Here is a good write up discussing how they work and when they're useful. The solution here is essentially to tack on a check for the attribute that you want after the __init__
is invoked.
from abc import ABCMeta, abstractmethod
# our version of ABCMeta with required attributes
class MyMeta(ABCMeta):
required_attributes = []
def __call__(self, *args, **kwargs):
obj = super(MyMeta, self).__call__(*args, **kwargs)

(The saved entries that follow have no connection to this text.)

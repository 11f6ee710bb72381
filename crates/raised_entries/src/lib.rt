//! Entries of an ordered map, of which the higher value stays at each key.
#![tactic(auto)]

ghost use Rattle.std.specs.Prelude.{◌≡◌, IfOk, IfErr, OnErr, MatchBool};
ghost use Rattle.std.specs.FinMap.{find};
ghost use Rattle.std.specs.BTreeMap.{insert_entry};
ghost use Rattle.raised_entries.specs.Higher.{is_higher};

use std::collections::BTreeMap;

/// Puts the value at the key, unless one at least as high stands there. Says whether it was put, in logarithmic
/// time. Want of memory changes nothing and hands the key back.
pub fn raise_entry<K: Ord + Drop>(
    entries: &mut BTreeMap<K, i64>,
    key: K,
    value: i64,
) -> Result<bool, K>
    ensures ok { IfOk result (λ put. put ≡ is_higher (find K.cmp key entries.old.entries) value) }
    ensures new { IfOk result (λ put. MatchBool put
        (entries.new.entries ≡ insert_entry K.cmp entries.old.entries key value)
        (entries.new.entries ≡ entries.old.entries)) }
    ensures back { IfErr result (λ refused. refused ≡ key) }
    ensures err { OnErr result (entries.new.entries ≡ entries.old.entries) }
{
    if let Some(&stands) = entries.get(&key) {
        if value <= stands {
            return Ok(false);
        }
    }
    match entries.insert(key, value) {
        Ok(_) => Ok(true),
        Err(refused) => {
            let (key, _) = refused.value;
            Err(key)
        }
    }
}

for attr_name in obj.required_attributes:
if not getattr(obj, attr_name):
raise ValueError('required attribute (%s) not set' % attr_name)
return obj
# similar to the above example, but inheriting MyMeta now
class Quadrature(object, metaclass=MyMeta):
required_attributes = ['xyz', 'weights']
@abstractmethod
def __init__(self, order):
pass
class QuadratureWhichWorks(Quadrature):
# This shall work because we initialize xyz and weights in __init__
def __init__(self,order):
self.xyz = 123
self.weights = 456
q = QuadratureWhichWorks('foo')
class QuadratureWhichShallNotWork(Quadrature):
def __init__(self, order):
self.xyz = 123
q2 = QuadratureWhichShallNotWork('bar')
Below is my original answer which explores the topic more in general.
I think some of this comes from confusing instance attributes with the objects wrapped by the property
decorator.
A small example without introducing abstract classes would be
>>> class Joker(object):
>>> # a class attribute
>>> setup = 'Wenn ist das Nunstück git und Slotermeyer?'
>>>
>>> # a read-only property
>>> @property
>>> def warning(self):
>>> return 'Joke Warfare is explicitly banned bythe Geneva Conventions'
>>>
>>> def __init__(self):
>>> self.punchline = 'Ja! Beiherhund das Oder die Flipperwaldt gersput!'
>>> j = Joker()
>>> # we can access the class attribute via class or instance
>>> Joker.setup == j.setup
>>> # we can get the property but cannot set it
>>> j.warning
'Joke Warfare is explicitly banned bythe Geneva Conventions'
>>> j.warning = 'Totally safe joke...'
AttributeError: cant set attribute
>>> # instance attribute set in __init__ is only accessible to that instance
>>> j.punchline != Joker.punchline
AttributeError: type object 'Joker' has no attribute 'punchline'
According to the Python docs, since 3.3 the abstractproperty
is redundant and actually reflects your attempted solution.
The issue with that solution is that your subclasses do not implement a concrete property, they just overwrite it with an instance attribute.
In order to continue using the abc
package, you could handle this by implementing those properties, i.e.
>>> from abc import ABCMeta, abstractmethod
>>> class Quadrature(object, metaclass=ABCMeta):
>>>
>>> @property
>>> @abstractmethod
>>> def xyz(self):
>>> pass
>>>
>>> @property
>>> @abstractmethod
>>> def weights(self):
>>> pass
>>>
>>> @abstractmethod
>>> def __init__(self, order):
>>> pass
>>>
>>> def someStupidFunctionDefinedHere(self, n):
>>> return self.xyz+self.weights+n
>>>
>>>
>>> class QuadratureWhichWorks(Quadrature):
>>> # This shall work because we initialize xyz and weights in __init__
>>> def __init__(self,order):
>>> self._xyz = 123
>>> self._weights = 456
>>>
>>> @property
>>> def xyz(self):
>>> return self._xyz
>>>
>>> @property
>>> def weights(self):
>>> return self._weights
>>>
>>> q = QuadratureWhichWorks('foo')
>>> q.xyz
123
>>> q.weights
456
I think this is a bit clunky though, but it really depends on how you intend to implment subclasses of Quadrature
.
My suggestion would be to not make xyz
or weights
abstract, but instead handle whether they were set at runtime, i.e. catch any AttributeError
s that may pop up when accessing the value.